Les Chevaliers de la Table ronde

Rien ne va plus dans la Bretagne de l’âge d’or chevaleresque. Le duc Rodomont offre sa fille Angélique au vainqueur du tournoi ! Mais la devise « sans peur et sans reproche » ne sied pas vraiment aux chevaliers dont la couardise apparaît au grand jour. Malgré son statut d’enchanteur, Merlin est tout aussi ridicule. La noblesse n’est pas non plus la première qualité des princesses Totoche et Angélique, tandis que la fée Mélusine tente d’ensorceler Roland de Roncevaux.

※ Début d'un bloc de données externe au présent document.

//! What an answer claims of each place, while its lines are read.
#![tactic(auto)]

ghost use Rattle.std.specs.Prelude.{◌≡◌, ◌<◌, length, replicate, is_none, None, Some, IfOk, if◌then◌else◌, slice_index_or, slice_set};
ghost use Rattle.claims.specs.Tables.{Wording};
ghost use Rattle.claims.specs.declared.NoWords.TheVariants.{Memory};

use endless::side::Side;
use std::alloc::{AllocError, AllocFailed, Global};
use std::marker::Model;

/// The word of a place whose line names no move. It is the number of no place.
pub const NO_MOVE: u32 = 4_294_967_295;

/// What is claimed of a place: the side that wins it, and the place of its
/// move, if it has one.
#[derive(Clone, Copy, PartialEq, Eq, Debug)]
pub struct Claim {
    pub winner: Side,
    pub goal: Option<u32>,
}

/// For each place what is claimed of it, if anything is. A contract sees a
/// list.
#[derive(Drop)]
pub struct Claims {
    claims: Vec<Option<Claim>>,
}

impl Model for Claims {
    ghost use Rattle.std.specs.Prelude.{List, Option};
    ghost use Rattle.claims.specs.declared.Claim.{Claim};

    ghost Value = { List (Option Claim) };

    ghost view = { λ c. c.claims.items };
}

/// Why what is claimed makes no answer.
#[derive(Clone, Copy, PartialEq, Eq, Debug)]
pub enum NoWords {
    /// Nothing is claimed of this place, by its index.
    Unclaimed(usize),
    Memory,
}

impl From<AllocError> for NoWords {
    ghost from_gives = { λ _ r. r ≡ Memory };

    fn from(_e: AllocError) -> NoWords {
        NoWords::Memory
    }
}

impl<T: Drop> From<AllocFailed<T>> for NoWords {
    ghost from_gives = { λ _ r. r ≡ Memory };

    fn from(_e: AllocFailed<T>) -> NoWords {
        NoWords::Memory
    }
}

impl Claims {
    /// So many places, and nothing claimed of any.
    pub fn new(heap: Global, places: usize) -> Result<Claims, AllocError>
        ensures { IfOk result (λ c. c ≡ replicate places None) }
    {
        let claims = vec![in heap; None; places]?;
        Ok(Claims { claims })
    }

    /// Notes what is claimed of a place, and tells whether it is the first.
    pub fn insert(&mut self, place: usize, claim: Claim) -> bool
        requires { place < length self.old }
        ensures first { result ≡ is_none (slice_index_or self.old place None) }
        ensures noted { self.new ≡ (if result then slice_set self.old place (Some claim) else self.old) }
    {
        if self.claims[place].is_some() {
            return false;
        }
        self.claims[place] = Some(claim);
        true
    }

    /// The words of the answer: for each place the side and the place of the
    /// move.
    pub fn to_words(&self, heap: Global) -> Result<Vec<u32>, NoWords>
        ensures { Wording self.now result }
    {
        let mut words = Vec::new(heap);
        for (place, claim) in self.claims.iter().enumerate() {
            let claim = claim.ok_or(NoWords::Unclaimed(place))?;
            words.push(u32::from(claim.winner))?;
            words.push(claim.goal.unwrap_or(NO_MOVE))?;
        }
        Ok(words)
    }
}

Après Phi-Phi, Croquefer et Tulipatan et La Grande Duchesse, les Brigands ont temporairement pris congé du répertoire d’Offenbach pour s’emparer de la première œuvre majeure de son rival Hervé. On y retrouve toute l’efficacité du compositeur toqué : sens de la parodie, rythme endiablé et mélodies accrocheuses. Avec toujours la même réjouissante vigueur dans la bouffonnerie et une distribution ambitieuse (treize chanteurs et douze instrumentistes !), la troupe de Pierre-André Weitz (mise en scène, scénographie, costumes) et Christophe Grapperon (direction musicale) sert à merveille l’esprit de surenchère comique et scabreuse d’un registre dont ils sont devenus experts. À noter : spectacle en audiodescription le 18 décembre.